INSTRUCTIONS FOR THE TASK: Copy all lines in the material holding the string "last".

RECORDS SUPPLIED:

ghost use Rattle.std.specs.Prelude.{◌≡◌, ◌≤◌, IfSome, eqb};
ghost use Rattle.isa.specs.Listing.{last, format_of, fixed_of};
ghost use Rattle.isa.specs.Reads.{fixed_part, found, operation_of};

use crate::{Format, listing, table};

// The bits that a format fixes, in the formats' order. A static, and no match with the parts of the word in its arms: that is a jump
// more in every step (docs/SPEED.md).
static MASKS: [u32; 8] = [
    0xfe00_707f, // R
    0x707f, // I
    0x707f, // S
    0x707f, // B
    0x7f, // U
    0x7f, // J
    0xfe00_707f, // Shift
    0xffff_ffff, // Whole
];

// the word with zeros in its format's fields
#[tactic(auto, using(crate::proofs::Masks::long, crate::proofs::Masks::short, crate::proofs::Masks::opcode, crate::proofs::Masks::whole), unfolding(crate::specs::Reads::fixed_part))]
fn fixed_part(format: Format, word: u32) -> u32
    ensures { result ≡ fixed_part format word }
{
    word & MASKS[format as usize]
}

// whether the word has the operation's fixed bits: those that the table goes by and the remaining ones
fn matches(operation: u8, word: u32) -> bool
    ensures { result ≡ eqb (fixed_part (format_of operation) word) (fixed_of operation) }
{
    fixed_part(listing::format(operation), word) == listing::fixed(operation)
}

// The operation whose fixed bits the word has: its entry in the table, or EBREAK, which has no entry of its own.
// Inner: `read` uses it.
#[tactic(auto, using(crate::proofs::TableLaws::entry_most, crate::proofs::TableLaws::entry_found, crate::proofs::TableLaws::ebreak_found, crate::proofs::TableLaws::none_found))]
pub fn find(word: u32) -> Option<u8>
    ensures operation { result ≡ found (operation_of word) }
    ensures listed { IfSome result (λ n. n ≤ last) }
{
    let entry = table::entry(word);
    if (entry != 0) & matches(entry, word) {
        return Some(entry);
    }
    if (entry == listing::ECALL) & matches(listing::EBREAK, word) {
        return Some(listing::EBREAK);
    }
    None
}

COMPLETED TASK:
ghost use Rattle.isa.specs.Listing.{last, format_of, fixed_of};
    ensures listed { IfSome result (λ n. n ≤ last) }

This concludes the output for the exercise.